Next, the flow operation of the synchronization signal generator 8 will be described with reference to FIG. FIG. 5 is a flowchart showing the control procedure of the synchronization signal generator 8.
In step S1, a vertical synchronization signal VSYNC2 is output from the vertical synchronization signal generation unit 88 based on the sequence of the vertical synchronization signal generation unit 88 of the previous frame, and processing of lines in the frame is started.

  In step S2, the pixel counter 81 and the line counter 86 are initialized in accordance with the output of the vertical synchronization signal VSYNC2 from the vertical synchronization signal generator 88.

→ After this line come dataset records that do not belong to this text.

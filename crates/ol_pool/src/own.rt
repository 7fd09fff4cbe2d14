//! A hand's own deque.
ghost use Rattle.std.specs.Prelude.{◌≡◌, ℕ, ◌+◌, ◌-◌, ◌<◌, ◌≤◌, [], ◌∷◌, length, IfOk, IfErr, OnOk, OnErr, MatchOption};
ghost use Rattle.crossbeam_deque.specs.Handles.{stealer_deque, worker_capacity, worker_deque, worker_flavor, worker_index, worker_view};
ghost use Rattle.ol_pool.specs.Deques.{untold, opened, puts, gets, lends, AllBelow};
ghost use Rattle.ol_pool.specs.Counted.{CountedEmpty, CountedRefusal};
ghost use Rattle.ol_pool.specs.Owned.{new_reach};

use crate::deques::{Fair, Gets, Lends, Opens, Owner, Puts, Tells, Thief};
use crate::reach::Reach;
use crate::tally::Tally;
use ol_limits::NoMemory;
use std::alloc::Global;
use std::marker::Model;

/// An open deque from its owner's side: cells join at the back and leave at the front.
#[derive(Drop)]
pub(crate) struct Own {
    deque: Owner,
}

impl Model for Own {
    ghost use Rattle.std.specs.Prelude.{◌≡◌, ◌+◌, ◌≤◌, length};
    ghost use Rattle.crossbeam_deque.specs.Handles.{worker_capacity, worker_deque, worker_flavor, worker_index, worker_view};
    ghost use Rattle.ol_pool.specs.Deques.{AllBelow};
    ghost use Rattle.ol_pool.specs.Owned.{OwnState};

    ghost Value = { OwnState };

    ghost view = { λ own. record { deque = worker_deque own.deque; log = worker_view own.deque } };

    ghost invariant = { λ own.
        (worker_flavor own.deque ≡ 0)
        × (65 ≤ worker_capacity own.deque)
        × (worker_index own.deque ≤ length (worker_view own.deque).sent + 1)
        × ((worker_view own.deque).stage ≡ 2)
        × AllBelow (worker_view own.deque).bound (worker_view own.deque).given };
}

// Tells a new deque the bound of all cells: it is put and taken out again before there is a cell.
fn tell(deque: &mut Owner, bound: u32)
    requires fifo { worker_flavor deque.old ≡ 0 }
    requires room { 65 ≤ worker_capacity deque.old }
    requires fresh { (worker_view deque.old ≡ untold) × (worker_index deque.old ≡ 0) }
    ensures deque { worker_deque deque.new ≡ worker_deque deque.old }
    ensures fifo { worker_flavor deque.new ≡ 0 }
    ensures room { 65 ≤ worker_capacity deque.new }
    ensures index { worker_index deque.new ≤ 1 }
    ensures opened { worker_view deque.new ≡ opened bound }
{
    let Ok(()) = deque.push_as::<Tells>(bound) else {
        unreachable!()
    };
    let Some(_) = deque.pop_as::<Opens>() else {
        unreachable!()
    };
}

impl Own {
    /// An open deque without a cell, for cells below `bound`, and its other side.
    pub(crate) fn new(alloc: Global, bound: u32) -> Result<(Own, Thief), NoMemory>
        ensures own { IfOk result (λ made. made.0.log ≡ opened bound) }
        ensures thief { IfOk result (λ made. stealer_deque made.1 ≡ made.0.deque) }
    {
        // One slot for the bound, and 64 more.
        let mut deque = Owner::fifo_as(alloc, 65)?;
        let thief = deque.stealer()?;
        tell(&mut deque, bound);
        Ok((Own { deque }, thief))
    }

    /// Access for another hand.
    pub(crate) fn lend(&mut self) -> Reach
        requires { 1 < self.old.log.parts }
        ensures own { self.new ≡ record self.old { log = lends self.old.log } }
        ensures access { result ≡ new_reach self.old.deque self.old.log.bound }
    {
        Reach::new(self.deque.another::<Lends>())
    }

    /// Puts a cell at the back.
    ///
    /// `Err`: the deque had to grow, and no memory was found. It gives the cell back.
    pub(crate) fn put(&mut self, tally: &mut Tally, cell: u32) -> Result<(), u32>
        requires below { cell < self.old.log.bound }
        ensures sent { OnOk result
            (self.new ≡ record self.old { log = puts self.old.log (cell ∷ []) }) }
        ensures unchanged { OnErr result (self.new ≡ self.old) }
        ensures accepted { OnOk result (tally.new ≡ tally.old) }
        ensures refused { OnErr result (CountedRefusal tally.old tally.new) }
        ensures many { OnErr result (64 ≤ length self.old.log.sent) }
        ensures back { IfErr result (λ returned. returned ≡ cell) }
    {
        tally.put::<Fair, Puts>(&mut self.deque, cell)
    }

    /// Takes the cell at the front, if there is one.
    pub(crate) fn next(&mut self, tally: &mut Tally) -> Option<u32>
        ensures own { MatchOption result (self.new ≡ self.old)
            (λ cell. self.new ≡ record self.old { log = gets self.old.log (cell ∷ []) }) }
        ensures counted { MatchOption result (CountedEmpty tally.old tally.new)
            (λ _. tally.new ≡ tally.old) }
    {
        tally.take::<Fair, Gets>(&mut self.deque)
    }

    /// Law: it is open.
    pub(crate) fn is_open(&self)
        ensures { self.now.log.stage ≡ 2 }
    {
        let _ = &self.deque;
    }

    /// Law: the cells that it gave are below its bound.
    pub(crate) fn gave_below(&self)
        ensures { AllBelow self.now.log.bound self.now.log.given }
    {
        let _ = &self.deque;
    }
}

  In step S3, it is determined whether or not the second time information TM2 is a line for comparing the synchronization signal time information value TMS. Specifically, the line number comparison unit 87 compares the line count value LCNT with an integer multiple of the predetermined line number k−1, and the line count value LCNT is an integral multiple of the predetermined line number k−1. If so, the process proceeds to step S6; otherwise, the process proceeds to step S4.

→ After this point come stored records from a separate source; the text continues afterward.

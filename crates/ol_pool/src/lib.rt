//! Work-stealing pool: the tasks that wait for a worker, in a first-in first-out deque for each
//! hand, from which the other hands steal. A task is the number of a cell (task slot) of the shared
//! memory.
//!
//! - `deques`: the invariant of a hand's deque
//! - `tally`: the counts of a deque's answers
//! - `own`: a hand's own deque
//! - `home`: a hand's own deque, with the counts of its answers
//! - `reach`: a hand's access to the deque of another hand
//! - `pool`: the pool, shared by the workers
//! - `hands`: a worker's part of a pool
//! - `opening`: a new pool: its deques and its hands
//! - `looks`: the search for a cell over parts of any type
//! - `pool_look`: a hand's search over its pool
//! - `calls`: the calls of a worker: putting a cell and taking a cell
//! - `laws`: the theorem that no cell is lost
//!
//! The contract of the toolchain's `crossbeam_deque` is trusted. No contract counts the cells of a
//! whole pool, says that a deque which gave no cell was empty, or promises fairness; that another
//! hand finds a cell that was put is only tested.
#![tactic(auto)]

mod calls;
mod deques;
mod hands;
mod home;
mod laws;
mod looks;
mod opening;
mod own;
mod pool;
mod pool_look;
mod reach;
mod tally;

pub use deques::{Fair, Log};
pub use hands::Hand;
pub use laws::no_cell_is_lost;
pub use looks::{Look, Seen, take_from};
pub use pool::Pool;
pub use pool_look::PoolLook;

  In step S4, it is determined whether or not the pixel count value PCNT from the pixel counter 81 has reached a specified number, that is, the number of pixels per line. Specifically, the pixel number comparison unit 82 determines whether the pixel count value PCNT from the pixel counter 81 has reached the pixel number m−1, and the pixel count value PCNT has reached the pixel number m−1. In step S8, the process proceeds to step S5. Otherwise, the process proceeds to step S5.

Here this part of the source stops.